Commenting on comments
This statement is on my Ohloh page for ClamTk:
"Across all Perl projects on Ohloh, 28% of all source code lines are comments. For ClamTk, this figure is only 14%.
This lack of comments puts ClamTk among the lowest one-third of all Perl projects on Ohloh."
Now when I first saw that, the figure was probably 8%. Ohloh has since shamed me into obsessively adding more. I'm somewhat embarrased about the low number of comments - especially after developing this for 6+ years - but the 28% figure stuns me. In a good way, of course. As an amateur, it's probably just my lack of experience and limited exposure to other code bases.
28% is too much. That's nearly a third of your code which is not actually code. If you need that many comments, maybe your code isn't as clear as it could be.
Thanks for clarifying. I'm not going to stress about my 14% then. :)
Does the 28% figure also include the POD? That would both make sense and make it quite meaningless IMHO.

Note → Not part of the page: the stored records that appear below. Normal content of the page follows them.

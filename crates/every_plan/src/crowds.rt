// How crowded the tiles along a route are, and what that leaves: spare sites and their prices.
ghost use Rattle.std.specs.Prelude.{◌≡◌, length};
ghost use Rattle.every_plan.specs.Crowds.{spare_in, price_in, price_at, spare_along, prices_along};

use crate::shapes::RECORDS;
use cost::Pricing;

// The capacity, the use and the waiting share of a tile.
#[derive(Clone, Copy)]
pub(crate) struct Tile {
    capacity: u16,
    used: u16,
    share: u32,
}

// A tile for each index that a shape has room for.
pub(crate) type Crowd = [Tile; RECORDS];

// A static calls no function, so a macro writes its tiles: so many used of the capacity, and the waiting share.
macro_rules! tile {
    ($used:literal of $capacity:literal, $share:literal) => {
        Tile {
            capacity: $capacity,
            used: $used,
            share: $share,
        }
    };
}

pub(crate) static CROWDS: [Crowd; 6] = [
    // Room in every tile.
    [tile!(0 of 2, 0); RECORDS],
    // Some tiles full, some nearly so, with nets waiting.
    [
        tile!(3 of 8, 1801800),
        tile!(4 of 5, 2594592),
        tile!(2 of 12, 1441440),
        tile!(5 of 5, 0),
        tile!(0 of 5, 2882880),
        tile!(3 of 3, 0),
    ],
    // No capacity at the driver and at another tile.
    [
        tile!(0 of 0, 0),
        tile!(0 of 1, 720720),
        tile!(3 of 4, 0),
        tile!(1 of 2, 360360),
        tile!(0 of 0, 0),
        tile!(1 of 9, 1441440),
    ],
    // A site in every other tile.
    [
        tile!(0 of 1, 0),
        tile!(0 of 0, 0),
        tile!(1 of 3, 720720),
        tile!(0 of 0, 0),
        tile!(0 of 2, 5405400),
        tile!(0 of 1, 0),
    ],
    // No capacity at all.
    [tile!(0 of 0, 0); RECORDS],
    // The largest capacity with one site left, and small shares.
    [
        tile!(65534 of 65535, 0),
        tile!(0 of 3, 1),
        tile!(0 of 1, 2),
        tile!(1 of 2, 3),
        tile!(2 of 3, 4),
        tile!(3 of 4, 5),
    ],
];

impl Tile {
    // The capacity less the use, and none where the use is above it.
    fn spare(self) -> u16
        ensures { result ≡ spare_in self }
    {
        self.capacity.saturating_sub(self.used)
    }

    // What a site costs: there is one to be had only where the capacity exceeds the use.
    fn price<P: Pricing>(self) -> Option<P>
        ensures { result ≡ price_in P.Cost P.Pricing.priced self }
    {
        (self.used < self.capacity).then(|| P::price(self.capacity, self.used, self.share))
    }
}

// The spare sites at each index.
pub(crate) fn spare_along(crowd: Crowd) -> [u16; RECORDS]
    ensures { result ≡ spare_along crowd }
{
    crowd.map(Tile::spare)
}

// The price at an index; none past the tiles that are told of.
fn price_at<P: Pricing>(crowd: &Crowd, index: usize) -> Option<P>
    ensures { result ≡ price_at P.Cost P.Pricing.priced crowd.now index }
{
    crowd.get(index)?.price()
}

// Writes the price at each index.
pub(crate) fn write_prices<P: Pricing>(crowd: &Crowd, prices: &mut [Option<P>])
    ensures { prices.new ≡ prices_along P.Cost P.Pricing.priced (length prices.old) crowd.now }
{
    for (index, price) in prices.iter_mut().enumerate() {
        *price = price_at(crowd, index);
    }
}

I agree, ohloh's metrics harks of pointy-hair managers who count lines of code, or number of check-ins but not what is actually written in them. I don't want to know how many lines of comment a project written in a less verbose language like Java or C# would require (less verbose syntax == more verbose code) to satisfy such a ratio.
Like other people here, I'm also not a fan of excessive commenting. Like Martin Fowler says in the book Refactoring, often the need of a comment is indicative that the code is not clear or factored enough. So I think that Ohloh measurement is silly and should be ignored, because it's not indicative of the real world worth of your code.